Just a hypothesis, but I would argue the following:
- MongoDB will obfuscate server infrastructure. I talk about the importance of this here. Other cloud platforms increasingly do this (e.g. Amazon DynamoDB, Amazon Aurora v2, Google BigQuery), so it’s not without competition, but Mongo has a head start and clearer positioning/messaging on this idea.
- MongoDB innovates on distribution with “try before you buy” pricing models and far more approachable documentation (vs AWS/GCP/Azure). This pushes them down market, but creates a “land and expand” dynamic. You can see this in their customer metrics — total # of customers spending >$100k grew only 30% in FY 21 vs revenue growth of 40%, so ACV is coming down. But net ARR retention has been north of 120% for several years and I would guess newer cohorts are showing higher expansion numbers than those prior.
- MongoDB‘s open source product gives it a large and active developer community off which it can drive growth. It mirrors something like Postgres, which is used ubiquitously and very popular. Comparing it to DynamoDB, it’s clear MongoDB has won the first part of the war on developer mindshare in NoSQL/document databases.
It’s not without risks
- The drop in sales efficiency is notable. You can see the GM-adjusted magic number came down in 2021 from 0.49x to 0.36x. This is either due to Mongo spending forward to capture the opportunity around Atlas (so will later adjust back), or it’s due to the market being so noisy / crowded with offerings similar to Mongo’s.
- Product marketing in this market is very challenging. Related to the above point on sales efficiency, in a market with so many competitors offering similar/substitute solutions, positioning and winning mindshare is challenging. Mongo has done a great job here so far, and has an advantage with its strong dev community & engagement on its open source product, but it has a long and expensive road ahead — and you can see it in the above Google Trends chart. I suspect most people still do not understand all of what Altas offers, and Mongo needs to tell this story in a massive room with a bunch of well-capitalized behemoths shouting similar things.
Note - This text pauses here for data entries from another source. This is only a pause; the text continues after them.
function pageCopy(view, copy, words) {
  const { node, state, before } = view;
  const { page, lacks, keeper, base } = copy;
  const inGrids = view.grids.flatMap(wordsOfGrid).filter(word => pageNumber(word) === page);
  const newer = [...words, ...inGrids].map(word => newerWrite(state, word)).filter(write => write && !isToldOf(state, write));
  const untold = [...new Set(newer.sort((one, other) => one.position - other.position).map(write => `${write.node}.${write.interval}`))];
  const kept = keeper === node ? `kept here${base ? ", with a base" : ""}` : copy.copy === "absent" ? `kept by node ${keeper}` : "";
  return make("div", { class: "page", "data-copy": copy.copy },
    make("h3", {}, `page ${page} `, make("b", { class: classes({ changed: copy.copy !== pageOf(before, page).copy }) }, copy.copy)),
    make("p", { class: "notes" },
      lacks.length ? marked(`lacks ${listed(lacks)}`, { off: true }) : null,
      untold.length ? marked(`not told of ${listed(untold)}`, { off: true }) : null,
      run.isCollected ? caption(kept) : null),
    words.length ? make("ul", { class: "words" }, ...words.map(word => wordCell(view, word))) : null);
}

/** What is shown of a word in a node's copy: its value, its marks, and in words what was done to it, its twin, or what it gives now. */
function wordIn({ node, state, before, turn, raced }, word) {
  const { copy, twin } = copyOf(state, word);
  const value = valueOf(state, word);
  const newer = newerWrite(state, word);
  const twinned = twin?.[word] ?? "0";
  const done = turn?.act?.word === word ? { read: "read", write: "written" }[turn.act.kind] : "";
  const isRaced = raced.some(other => other.node === node && other.act.word === word);
  return {
    copy, newer, done,
    text: copy === "absent" ? "\u2013" : value,
    twinValue: twin && twinned !== value && !newer && !done ? twinned : null,
    holds: { touched: done || isRaced, raced: isRaced, stale: newer, changed: value !== valueOf(before, word) },
    title: newer ? `node ${newer.node} wrote ${newer.value} at act ${newer.position}, line ${newer.line}` : labelled("word", word),
  };
}

function wordCell(view, word) {
  const { text, done, twinValue, newer, holds, title } = wordIn(view, word);
  return make("li", { class: classes({ word: true, ...holds }), style: labelWidth(word), title },
    marked(numbered("word", word), { name: true }),
    marked(text, { value: true }),
    make("span", { class: "note" }, done || (twinValue === null ? "" : `twin ${twinValue}`), newer ? marked(` now ${newer.value}`, { off: true }) : null));
}

function tokens({ state, before }) {
  const chips = state.locks.flatMap(lock => {
    const isChanged = differs(lock, before.locks.find(other => other.lock === lock.lock));
    const text = `${labelled("lock", lock.lock)} ${lock.token}${lock.next ? `, next ${lock.next.node}` : ""}`;
    return [marked(text, { chip: true, full: lock.token === "held", away: lock.token === "away", changed: isChanged }),
      lock.recent === null ? null : caption(`last asked: ${lock.recent}`)];
  });
  const { arrived, clean } = state.manager ?? { arrived: [] };
  return [...chips, clean?.length ? `clean: ${listed(clean)}` : arrived.length ? `arrived: ${listed(arrived)}` : null];
}

function namesAndPrints({ node, state, before }) {
  const names = Object.entries(state.names).map(([name, value]) => marked(`${name} = ${value}`, { changed: value !== (before.names[name] ?? "0") }));
  const prints = run.turns.slice(0, at).flatMap(turn => turn.node === node && turn.act?.kind === "print" ? [turn.act.value] : []);
  return [...names, prints.length ? make("b", {}, `prints ${prints.join(", ")}`) : null];
}

/** The stored intervals that name pages, full where their changes are here too. */
function notices({ state, before }) {
  return state.intervals.filter(({ pages }) => pages.length).slice(-5).map(entry => marked(`${entry.interval} p${entry.pages}`, {
    chip: true, full: entry.pages.every(page => entry.changes[page]),
    changed: differs(entry, before.intervals.find(({ interval }) => interval === entry.interval)),
  }));
}

function drawStory(turn, flight) {
  const why = run.why.get(turn?.act?.position);
  const flying = flight.slice(-12).map(message => messageItem(message, { fresh: message.sent === at && turn }));
  const more = flight.length > 12 ? [make("li", {}, `${flight.length - 12} more`)] : [];
  regions.why.replaceChildren(
    ...why ? list("Why", reasonItems(turn.act, why)) : [],
    ...turn?.take ? list("Taken", [messageItem(turn.take)]) : [],
    ...at === lastMoment ? list("The run", runItems(run)) : []);
  regions.flight.replaceChildren(...list(flight.length ? `In flight: ${flight.length}` : "Nothing in flight", [...more, ...flying]));
}

/** Why the act is as it is: by which writes it gives what it gives, and which acts race with it; then what `why` prints of it, as it stands. */
function reasonItems({ position, value }, { lines, races, gives }) {
  return [
    ...gives ? [make("li", { class: "gives" }, `gives ${value}`, ...givenBy(gives))] : [],
    ...races.flatMap((rival, node) => rival ? [make("li", { class: "races" }, ...racesWith(position, rival, node))] : []),
    make("li", {}, make("pre", {}, lines.slice(1).join("\n"))),
  ];
}

function givenBy({ last, unknown }) {
  const known = last.length ? [`; the last write${last.length === 1 ? "" : "s"} that it knows: `, ...last.flatMap((act, k) => [k ? ", " : "", actLink(act)])]
    : [": it knows no write to the word"];
  return unknown === null ? known : [...known, "; the last of all, which it does not know: ", actLink(unknown)];
}

function racesWith(position, { act, of }, node) {
  const { line, kind } = of[act < position ? 0 : 1];
  return ["races with ", actLink(act), `, a ${kind} of node ${node} in line ${line}`];
}

function actLink(act) {
  const moment = run.momentOfAct.get(act);
  return moment ? turnLink(moment, `act ${act}`) : `act ${act}`;
}
function turnLink(moment, text) { return make("a", { href: `#turn=${run.moments[moment].turn.turn}` }, text); }

/** What `explain` tells of the run: how each node ended, without what it printed; the deadlocks; each group of races. */
function runItems({ explain, ends, deadlocks, races }) {
  const kinds = [
    ...ends.flatMap(({ end, prints }) => [...Array(prints).fill(["print"]), [""], ...end === "ended" ? [] : [[""]]]),
    ...deadlocks.map(() => ["deadlock"]),
    ...groupsOf({ races }).flatMap(({ pairs }) => [["race", pairs.flat().map(act => run.momentOfAct.get(act)).find(isKnown => isKnown)], [""]]),
  ];
  return explain.flatMap((line, k) => {
    const [kind, moment] = kinds[k] ?? [""];
    return kind === "print" ? [] : [make("li", { class: classes({ [kind]: kind }) }, moment ? turnLink(moment, line) : line)];
  });
}

function list(title, items) { return [make("h2", {}, title), make("ul", {}, ...items)]; }
function messageItem({ from, to, message }, holds = {}) { return make("li", { class: classes(holds) }, badge(from), " \u2192 ", badge(to), ` ${message}`); }

// ---- The picture of the run so far: a lane for each node, time from left to right ----

let firstShown = 1;

/** Where turns and nodes stand. The first turn that is shown stays where it is, until the turn of this moment leaves the picture. */
function scaleOfTimeline() {
  const em = parseFloat(getComputedStyle(regions.timeline).fontSize);
  const left = 4.5 * em;
  const room = regions.timeline.clientWidth - left;
  const lane = em * Math.min(3.8, Math.max(1, 9 / run.nodes));
  const step = Math.min(5.8 * em, Math.max(4.7 * em, room / lastMoment));
  const shown = Math.floor(room / step);
  if (at < firstShown || at > firstShown + shown - 2) firstShown = at - Math.floor(shown * 2 / 3);
  firstShown = Math.max(1, Math.min(firstShown, lastMoment + 1 - shown));
  const first = firstShown;
  return { em, left, room, lane, step, first, shown, x: moment => left + (moment - first + .5) * step, y: node => (node + .6) * lane };
}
- The market for necessary R&D talent is hyper-competitive. Scaling infrastructure to solve global-scale problems for specific use cases has been solved well in companies like Facebook, Google, and Netflix. But building infrastructure for global-scale that needs to solve arbitrary use cases is probably even harder because of the dimensionality of the problem. Mongo has recruited some great talent to do this (e.g. Mark Porter who ran Aurora at AWS), but Mongo needs to continue to recruit the best of the best engineering talent to make this work. And all the other mega-large tech companies have a lot of resources to compete for this talent, so this will not be easy.
- Look at what happened to Elasticsearch. AWS took the open source tech offered by Elastic and started hosting it on their own platform, to compete with Elastic’s Atlas-equivalent. It probably isn’t a business killer for them, but it doesn’t help. Fortunately for Mongo, AWS has already made its bet in the NoSQL / document DB universe on DynamoDB + Mongo creatively changed its licensing in 2018 to the SSPL, which effectively prevents the cloud providers from offering MongoDB as a service.
It’s difficult to understate the scale of the opportunity MongoDB has ahead of it. AWS alone in Q1 had $50B in run rate revenue, still growing 32% y/y. GCP had $16B growing 46% y/y. Microsoft does not break out Azure, but it sits within a $60B run rate “intelligent cloud” business unit, and noted Azure grew north of 40%. Let’s just assume this market conservatively is $100B in run rate value growing 35%. Atlas made up $337M of that in Q1 = 0.34%, growing 66%. Atlas is taking share, and has a huge amount of room to run.
The road for Mongo will not be without its challenges as noted above, but what great opportunity isn’t.
Disclaimer: I am a personal shareholder of MongoDB.